Obama Echoes Occupiers: Pushes Economic Justice in State of the Union

Special to the Trice Edney News Wire from the Richmond Free Press

stateoftheunion2012

President Obama gives the State of the Union address. As Vice President Joe Biden and House Speaker John Boehner look on. White House Photo 

(TriceEdneyWire.com) - President Obama used his last State of the Union speech before the November election to paint himself as the champion of economic justice by demanding higher taxes for millionaires and tighter reins on Wall Street.

Although not calling the movement by name, he echoed Occupy Wall Street, which is protesting economic and social inequality, in addition to corporate dominance at the expense of 99 percent of the population. Pushing economic justice, he said, “We can either settle for a country where a shrinking number of people do really well, while a growing number of Americans barely get by.

Or we can restore an economy where everyone gets a fair shot, everyone does their fair share and everyone plays by the same set of rules. What’s at stake are not Democratic values or Republican values, but American values. We have to reclaim them.”

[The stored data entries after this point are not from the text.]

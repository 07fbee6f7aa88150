//! A bucket: what was accepted, and the watches that are open.
#![tactic(auto)]

mod bucket;
mod compaction;
pub mod laws;
mod reply;
mod run;
mod watch;
mod write;

pub use bucket::Bucket;
pub use kv_keys::{Filter, Filters, Key, KvError, Place, Short, fnv32};
pub use kv_model::{
    BatchRefused, Call, Config, Event, Op, Options, Request, Start, Status, Stopped, Write,
};
pub use kv_store::{KeyHistory, Rev, Version};
pub use kv_trie::{Trie, Visit};
pub use kv_watch::{Cursor, Shown, Taken, given};
pub use reply::{Reply, Seen};
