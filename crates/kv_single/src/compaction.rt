//! Compactions of a bucket.

ghost use Rattle.std.specs.Prelude.{◌≡◌, ◌<◌, ◌≤◌, if◌then◌else◌, ℕ, Some, Ok, Err, IfErr, IfOk, OnErr, OnOk, is_some, length, nat_lt};
ghost use Rattle.kv_keys.specs.Outcome.{Refuses};
ghost use Rattle.kv_keys.specs.declared.error.KvError.{KvError as AnError};
ghost use Rattle.kv_model.specs.Acts.{writes_of};
ghost use Rattle.kv_model.specs.declared.call.Call.TheVariants.{Compact};
ghost use Rattle.kv_model.specs.Answers.{Compacted};
ghost use Rattle.kv_model.specs.State.{State, first_behind, may_compact};
ghost use Rattle.kv_single.specs.Held.{Represents};
ghost use Rattle.kv_single.specs.Replies.{answer_of};
ghost use Rattle.kv_single.specs.Stepping.{IsStep};
ghost use Rattle.kv_single.specs.inside.Behind.{behind_at, lesser};

use crate::bucket::{Bucket, index_of};
use crate::reply::{Reply, refusal};
use kv_keys::KvError;
use std::alloc::AllocError;

fn lesser(least: Option<u64>, number: u64) -> u64
    ensures { result ≡ lesser least number }
{
    match least {
        Some(least) => least.min(number),
        None => number,
    }
}

impl Bucket {
    /// Compacts to the floor, as `Version::compact` says. `BadFloor` where its floor is bad; else `WatchBehind` with
    /// the least number of a watch that has still to hand out an entry that came after its opening and is at or below
    /// the floor; and only then want of memory. A refused compaction changes nothing.
    pub fn compact(&mut self, floor: u64) -> Result<(), KvError>
        ensures ok { OnOk result (IsStep self.old (Compact floor) (Compacted floor) self.new) }
        ensures refused { IfErr result
            (λ e. (state : State) → Represents state self.old → Refuses e (may_compact floor state)) }
        ensures unchanged { OnErr result (self.new ≡ self.old) }
    {
        self.may_compact(floor)?;
        self.version.compact_in_place(self.alloc, floor)?;
        Ok(())
    }

    pub(crate) fn compact_reply(&mut self, floor: u64) -> Result<Reply, AllocError>
        ensures ok { IfOk result (λ reply. IsStep self.old (Compact floor) (answer_of reply) self.new) }
        ensures unchanged { OnErr result (self.new ≡ self.old) }
    {
        match self.compact(floor) {
            Ok(()) => Ok(Reply::Compacted(floor)),
            Err(error) => refusal(error),
        }
    }

    /// Whether `compact` to the floor would be refused for another reason than want of memory.
    pub fn may_compact(&self, floor: u64) -> Result<(), KvError>
        ensures ok { OnOk result ((state : State) → Represents state self.now → may_compact floor state ≡ Ok floor) }
        ensures refused { IfErr result
            (λ e. (state : State) → Represents state self.now → may_compact floor state ≡ Err e) }
    {
        if self.version.is_bad_floor(floor) {
            return Err(KvError::BadFloor);
        }
        match self.first_behind(floor) {
            Some(watch) => Err(KvError::WatchBehind { watch }),
            None => Ok(()),
        }
    }

    /// The highest floor that `compact` would not refuse, 0 where there is none: the last revision, or one less than
    /// the first entry that came after its opening and that a watch has still to hand out. So `compact(reach())`
    /// compacts as far as the watches allow.
    pub fn reach(&self) -> u64
        ensures allowed { (state : State) → Represents state self.now → 0 < result →
            may_compact result state ≡ Ok result }
        ensures highest { (state : State) → Represents state self.now → (floor : ℕ) → result < floor →
            (e : AnError) × (may_compact floor state ≡ Err e) }
    {
        self.least_reach()
    }

    // The least of the last revision and of the watches' reaches.
    fn least_reach(&self) -> u64
        ensures within { (state : State) → Represents state self.now → result ≤ length (writes_of state.acts) }
        ensures reach { (state : State) → Represents state self.now → (floor : ℕ) →
            floor ≤ length (writes_of state.acts) →
            is_some (first_behind 1 floor state.config.history state.acts state.watches) ≡ nat_lt result floor }
    {
        let mut reach = self.version.revision();
        for held in &self.watches {
            reach = reach.min(self.reach_at(held.number()));
        }
        reach
    }

    // The highest floor that the open watch of the number is not behind; the last revision where there is none.
    fn reach_at(&self, number: u64) -> u64
        ensures within { (state : State) → Represents state self.now → result ≤ length (writes_of state.acts) }
        ensures reach { (state : State) → Represents state self.now → (floor : ℕ) →
            floor ≤ length (writes_of state.acts) →
            behind_at floor state number ≡ nat_lt result floor }
    {
        let Some(index) = index_of(&self.watches, number) else {
            return self.version.revision();
        };
        let held = &self.watches[index];
        held.watch.reach(&self.version)
    }

    // The least number of an open watch that is behind the floor.
    fn first_behind(&self, floor: u64) -> Option<u64>
        ensures { (state : State) → Represents state self.now →
            result ≡ first_behind 1 floor state.config.history state.acts state.watches }
    {
        let mut first = None;
        for held in &self.watches {
            first = self.least_behind(first, held.number(), floor);
        }
        first
    }

    // The lesser of the least number so far and of this one, if its watch is behind the floor.
    fn least_behind(&self, first: Option<u64>, number: u64, floor: u64) -> Option<u64>
        ensures { (state : State) → Represents state self.now →
            result ≡ (if behind_at floor state number then Some (lesser first number) else first) }
    {
        if self.is_behind(number, floor) {
            return Some(lesser(first, number));
        }
        first
    }

    // Whether the open watch of the number is behind the floor.
    fn is_behind(&self, number: u64, floor: u64) -> bool
        ensures { (state : State) → Represents state self.now → result ≡ behind_at floor state number }
    {
        let Some(index) = index_of(&self.watches, number) else {
            return false;
        };
        let held = &self.watches[index];
        held.watch.behind(&self.version, floor)
    }
}
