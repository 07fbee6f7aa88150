//! Entries that a watch hands out.

ghost use Rattle.std.specs.Prelude.{◌≡◌, ◌++◌, OnOk, OnErr};
ghost use Rattle.std.specs.Option.{option_copied};
ghost use Rattle.kv_script.specs.inside.Fields.{parts_entry};
ghost use Rattle.kv_script.specs.Text.{taken_entry_text};

use crate::answering::json_line::append_line;
use crate::answering::shown::Shown;
use crate::form::Form;
use kv_keys::Key;
use kv_model::Op;
use std::alloc::{AllocError, Global};

/// An entry that a watch hands out, by its parts, with its value in this form. `size` is the number of bytes of the
/// value, also where it isn't shown.
pub fn append_taken_entry(
    alloc: Global,
    form: Form,
    out: &mut Vec<u8>,
    watch: u64,
    key: &Key,
    op: Op,
    revision: u64,
    size: u64,
    value: Option<&[u8]>,
) -> Result<(), AllocError>
    ensures ok { OnOk result (out.new.items
        ≡ out.old.items ++ taken_entry_text form watch
        (parts_entry key.now op revision size (option_copied value.entry))) }
    ensures err { OnErr result (out.new.items ≡ out.old.items) }
{
    let taken = Shown {
        alloc,
        form,
        watch: Some(watch),
        key: key.as_str(),
        op,
        revision,
        size,
        value,
    };
    append_line(alloc, out, &taken)
}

Taking advantage of a huge national platform to make the case for his re-election, President Obama on Tuesday night defiantly defended his record after three years in office and laid blame for many of the country’s woes at the feet of banks and what he called an out-of-touch Congress.

He proposed sweeping changes in the tax code and new remedies for the U.S. housing crisis, setting as a central campaign theme a populist call for greater economic fairness. He mentioned taxes 34 times and jobs 32 times during his hour-long speech, emphasizing the two issues are at the heart of this year’s presidential campaign.

Standing before a joint session of Congress, the president said, “Washington should stop subsidizing millionaires” as he proposed a minimum 30 percent effective tax rate on those who earn a million dollars or more.

President Obama said he would ask the attorney general to establish a special financial crimes unit to prosecute those persons and parties charged with breaking the law and whose fraud contributed to the 2007-2009 financial crisis that plunged

the United States into recession. President Obama’s message could resonate in the 2012 campaign following the release of tax records by Mitt Romney, a potential Republican rival and one of the wealthiest men ever to run for the White House. He pays a lower effective tax rate than many top wage-earners. Democrats have hammered Republicans in Congress for supporting tax breaks that favor the wealthy. Republicans staunchly oppose tax hikes, even on the richest Americans, arguing they would hurt a fragile economic recovery.

The U.S. unemployment rate was 8.5 percent in December— and the black jobless rate is twice that percentage. No president in the modern era has won re-election with the rate that high.

President Obama’s rhetoric and his audience’s response was more overtly partisan than last year when both sides sought a tone of civility in the aftermath of an assassination attempt on Democratic Arizona lawmaker Gabrielle Giffords.

In the most emotional moment of the evening, President Obama warmly embraced Rep. Giffords as he made his way to the podium. The congresswoman, who has made a remarkable recovery after being shot in the head, retired from Congress on Wednesday. The response to Rep. Giffords was one of the few moments of bipartisan enthusiasm in a Congress rife with antagonism.

Democrats rose en mass to cheer, while Republicans stayed seated in stony silence, when President Obama vowed to “oppose obstruction with action.” But both sides applauded when the president called for developing all domestic energy sources.

President Obama used the speech to revive his call to rewrite the tax code to adopt the so-called “Buffett rule,” named after the billionaire Warren Buffett, who says it is unfair that he pays a lower tax rate than his secretary.

Those making more than $1 million a year would pay an effective tax rate of at least 30 percent and their tax deductions would be eliminated under the proposal.

To underscore his point, Mr. Buffett’s secretary, Debbie Bosanek, was seated in the first lady’s box in the House of Representatives for President Obama’s address.